Curcumin-loaded Hydrogel generating Photo-antimicrobial Surfaces for the treatment of Periprosthetic Joint Infections

Periprosthetic joint infections (PJI) after the surgery are disastrous complications, leading to a severe health and financial burden for patients. PJI events are mainly caused by Staphylococcus aureus and nearly 60% of them are methicillin-resistant S. aureus (MRSA) resulting in a high rate of treatment failure. The current antibiotic therapy mainly relies on vancomycin (Van) use, even if various reports showed the emergence of vancomycin-resistant enterococci (VRE). At the same time, Van may also have some considerable side effects, such as ototoxicity and nephrotoxicity, during the antibacterial treatment.
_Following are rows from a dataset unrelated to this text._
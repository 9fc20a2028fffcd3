//! The lines of the text.
ghost use Rattle.std.specs.Prelude.{◌≡◌, ◌++◌, flat_map, OnOk};
ghost use Rattle.q_check.specs.Checks.{bad_line, text_of_damage};
ghost use Rattle.q_check.specs.Lines.{conf_line, conf_name, fault_text, file_line, hop_text, refusal};

use q_conf::ConfFile;
use q_model::{Area, Name, NoMemory, Spot};
use std::alloc::Global;

/// The name of a file of conf.
pub(crate) fn conf_name(file: ConfFile) -> &'static [u8]
    ensures { result.now ≡ conf_name file }
{
    match file {
        ConfFile::Parameters => b"params",
        ConfFile::Table => b"transport",
    }
}

pub(crate) fn add(text: &mut Vec<u8>, bytes: &[u8]) -> Result<(), NoMemory>
    ensures { OnOk result (text.new.items ≡ text.old.items ++ bytes.now) }
{
    text.extend_from_slice(bytes)?;
    Ok(())
}

/// Of a line at fault.
fn fault_text() -> &'static [u8]
    ensures { result.now ≡ fault_text }
{
    b"bad line"
}

/// Of an entry of the transport table whose next hop has no route.
pub(crate) fn hop_text() -> &'static [u8]
    ensures { result.now ≡ hop_text }
{
    b"the next hop can't be reached"
}

/// Of a damage for which no life can begin.
fn refusal() -> &'static [u8]
    ensures { result.now ≡ refusal }
{
    b"the spool can't be opened"
}

/// Adds a line on a line of a file of conf.
pub(crate) fn add_conf_line(
    alloc: Global,
    text: &mut Vec<u8>,
    file: ConfFile,
    line: u64,
    what: &[u8],
) -> Result<(), NoMemory>
    ensures { OnOk result (text.new.items ≡ text.old.items ++ conf_line file line what.now) }
{
    add(text, conf_name(file))?;
    add(text, b" line ")?;
    add(text, line.to_string(alloc)?.as_bytes())?;
    add(text, b": ")?;
    add(text, what)?;
    add(text, b"\n")
}

/// Adds those of several lines at fault.
pub(crate) fn add_bad_lines(
    alloc: Global,
    text: &mut Vec<u8>,
    file: ConfFile,
    lines: &[u64],
) -> Result<(), NoMemory>
    ensures { OnOk result (text.new.items ≡ text.old.items ++ flat_map (bad_line file) lines.now) }
{
    for line in lines {
        add_conf_line(alloc, text, file, *line, fault_text())?;
    }
    Ok(())
}

/// Adds a line on a file.
pub(crate) fn add_file_line(
    text: &mut Vec<u8>,
    area: Area,
    name: &Name,
    what: &[u8],
) -> Result<(), NoMemory>
    ensures { OnOk result (text.new.items ≡ text.old.items ++ file_line area name.now what.now) }
{
    add(text, area.folder().as_bytes())?;
    add(text, b"/")?;
    add(text, name.bytes())?;
    add(text, b": ")?;
    add(text, what)?;
    add(text, b"\n")
}

/// Adds the line of a damage, if there is one.
pub(crate) fn add_damage(text: &mut Vec<u8>, damage: &Option<Spot>) -> Result<(), NoMemory>
    ensures { OnOk result (text.new.items ≡ text.old.items ++ text_of_damage damage.now) }
{
    match damage {
        Some(spot) => add_file_line(text, spot.area, &spot.name, refusal()),
        None => Ok(()),
    }
}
To overcome these drawbacks, antimicrobial photodynamic therapy (aPDT) is a good candidate both to prevent and fight the PJI.1 Within our ongoing research on novel biomaterials based on nanophototherapeutics,2,3 here we adapted the properties of antimicrobial surface by spreading a resorbable hydrogel based on DAC® (hyaluronic acid conjugated to polylactic acid, HA-PLA ) produced by Novagenit1 (Mezzolombardo, Trento) loaded with curcumin (Curc) capable of increasing water solubility, bioavailability and to control the release of Curc within the infection site. With the aim of helping to overcome antimicrobial-resistance and reduce the antibiotic dosage with minimal side effects, an analogue hydrogel was formulated in the presence of both Curc and Van. The interaction between Curc and DAC® in the hydrogel was studied using complementary spectroscopic techniques such as UV/Vis spectroscopy, fluorescence, Dynamic Light Scattering (DLS), and ζ-potential measurements. The stability and erosion kinetics of the hydrogels were evaluated in biologically relevant media to ensure control over time and efficacy. In addition, titanium surfaces mimicking prostethic scaffolds were coated by hydrogels and on them the photo-antimicrobial activity against MRSA, VRE, and Pseudomonas aeruginosa strains was evaluated using time-kill assay.